1. Sign the informed consent form, willing to cooperate with the study, and comply with trial requirements.
2. Age ≥ 18 years, male or female.
3. Have at least one known or highly suspected CNS enhancement abnormality or lesion detected by imaging (e.g., CT and MRI) within 12 months prior to ICF signing.

Exclusion Criteria:

1. Clinically unstable condition or severe diseases that may affect trial results, such as inability to ensure imaging comparability or reliability of study parameters.

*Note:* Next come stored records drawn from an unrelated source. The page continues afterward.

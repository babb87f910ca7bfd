//! How many records a class takes.
ghost use Rattle.std.specs.Prelude.{◌≡◌, ◌+◌, ◌<◌, ◌^◌, IfSome, length};
ghost use Rattle.ode_value.specs.Lengths.{class_records, piece_count, table_length, table_records};
ghost use Rattle.ode_compile.specs.Compiling.{counted_sizes};

use ode_table::Table;
use ode_value::limits::VALUE_LIMIT;

/// How many pieces so many bytes have.
#[tactic(auto, unfolding(ode_value::specs::Limits::value_limit))]
pub fn piece_count(length: u32) -> u32
    ensures count { result ≡ piece_count length }
    ensures small { result < 2 ^ 21 }
{
    let limit = VALUE_LIMIT as u64;
    ((u64::from(length) + (limit - 1)) / limit) as u32
}

/// How many bytes a table of so many states and symbols has.
pub fn table_length(states: u16, symbols: u8) -> u32
    ensures { result ≡ table_length states symbols }
{
    let states = u32::from(states);
    2 * (states * u32::from(symbols)) + states
}

// A table's head and its pieces.
fn table_records(states: u16, symbols: u8) -> u32
    ensures { result ≡ table_records (states, symbols) }
{
    1 + piece_count(table_length(states, symbols))
}

/// How many records a class with this text and these tables takes, each of which counts with so many states, where 32 bits count the
/// text's bytes and the records.
pub(crate) fn class_records(text: &[u8], counts: &[u16], tables: &[Table]) -> Option<u32>
    requires { length counts.now ≡ length tables.now }
    ensures { IfSome result (λ count. count ≡ class_records (length text.now) (counted_sizes counts.now tables.now)) }
{
    let length = u32::try_from(text.len()).ok()?;
    let mut count = 1 + piece_count(length);
    for (place, table) in tables.iter().enumerate() {
        count = count.checked_add(table_records(counts[place], table.symbols()))?;
    }
    Some(count)
}
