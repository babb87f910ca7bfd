//! Laws of the language of scripts.
ghost use Rattle.std.specs.Prelude.{◌≡◌, ◌<◌, ◌^◌, FitsSigned, ℕ, ℤ, List as Items, Ok, Some, length};
ghost use Rattle.std.specs.Int.{w64};
ghost use Rattle.std.specs.List.{All, AllByRecursion};
ghost use Rattle.ode_value.specs.declared.change.Change.{Change};
ghost use Rattle.ode_value.specs.declared.statement.Statement.TheVariants.{Simple};
ghost use Rattle.ode_value.specs.declared.statement.Stmt.{Stmt};
ghost use Rattle.ode_value.specs.GoodWorlds.{IsGood, IsPosition};
ghost use Rattle.ode_value.specs.Language.{ListWorld};
ghost use Rattle.ode_value.specs.References.{IsRef};
ghost use Rattle.ode_value.specs.Worlds.{Declared, Position, empty_world};
ghost use Rattle.ode_timer.specs.Dates.{instant_of};
ghost use Rattle.ode_timer.specs.Due.{AllRecur, HasPlaces, due};
ghost use Rattle.ode_machine.specs.Refusals.{changed_in};
ghost use Rattle.ode_machine.specs.TimeRows.{time_rows};
ghost use Rattle.ode_machine.specs.Runs.{trace, worlds};
ghost use Rattle.ode_types.specs.Literals.{literals};
ghost use Rattle.ode_accepted_laws.specs.Languages.{HasSoundRules};
ghost use Rattle.ode_change_laws.specs.Behind.{IsBehind};
ghost use Rattle.ode_good_laws.specs.Changed.{HasSoundChanges};
ghost use Rattle.ode_good_laws.specs.Well.{IsWell};
ghost use Rattle.ode_good_runs.specs.Reading.{ReadsWell};
ghost use Rattle.ode_language.specs.Languages.{ode, statement_of};
ghost use Rattle.ode_sound_laws.specs.Typed.{AreFromOne};

/// The language of scripts has sound rules.
pub fn language_has_sound_rules()
    ensures { HasSoundRules ode }
{}

/// The literals of a statement that is read are references, and the second of an instant has 64 bits.
pub fn what_is_read_is_in_range()
    ensures literals { (piece : Items ℕ) (s : Stmt) → statement_of piece ≡ Ok (Simple s) → AllByRecursion IsRef (literals s) }
    ensures instants { (text : Items ℕ) (t : ℤ) → instant_of text ≡ Some t → FitsSigned w64 t }
{}

/// In a good world each kind of event that comes again does so after at least a second, a position has a place for each kind of an object,
/// and fewer events are due up to any instant than a number of 128 bits counts.
pub fn clock_events_are_in_range()
    ensures recur { (w : ListWorld) → IsGood ode w → AllRecur (time_rows w.bones) }
    ensures places { (w : ListWorld) → IsGood ode w → All HasPlaces (time_rows w.bones) }
    ensures counts { (w : ListWorld) → IsGood ode w → (old : Position) → IsPosition old → (t : ℤ) → FitsSigned w64 t → length (due (time_rows w.bones) old t) < 2 ^ 128 }
{}

/// The language of scripts reads well: the literals of what is read are references, a class that is read is read again from its printed
/// text, and instants have 64 bits.
pub fn language_reads_well()
    ensures { ReadsWell ode }
{}

/// A change of a class that was read, and is accepted over a well world, leaves a well world where that isn't too heavy.
pub fn language_has_sound_changes()
    ensures { HasSoundChanges ode }
{}

/// Behind such a change the classes are good ones, each as it was but for the new fields where it gets them, its bodies and the places in
/// its masks; all added fields are good; and each activation watches for what it did.
pub fn changes_are_behind()
    ensures { (piece : Items ℕ) (c : Change) → ode.change_of piece ≡ Some (Ok c) → (w : ListWorld) → IsWell ode w → (classes : Items Declared) → changed_in ode w.bones c ≡ Ok classes
        → IsBehind ode w.bones c classes }
{}

/// A run of any script from a fresh database, or from a good world whose versions' numbers begin at 1, has good worlds alone, of sound
/// classes.
pub fn runs_of_the_language_stay_good()
    ensures fresh { (script : Items ℕ) → AllByRecursion (IsWell ode) (worlds (trace ode empty_world script)) }
    ensures good { (w : ListWorld) → IsGood ode w → AreFromOne w.bones → (script : Items ℕ) → AllByRecursion (IsWell ode) (worlds (trace ode w script)) }
{}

2. Severe renal impairment, defined as aGFR \< 30 mL/min/1.73 m2.
3. Acute kidney injury, irrespective of eGFR levels.
4. Contraindications to MRI examinations or Gadobutrol, such as metallic implants ，pacemakers or claustrophobia.
5. History of severe allergies, including drugs, contrast agents, or other allergens.
6. Severe cardiovascular disease.
7. Female subjects who are pregnant or breastfeeding.
8. Other conditions deemed unsuitable by the investigator.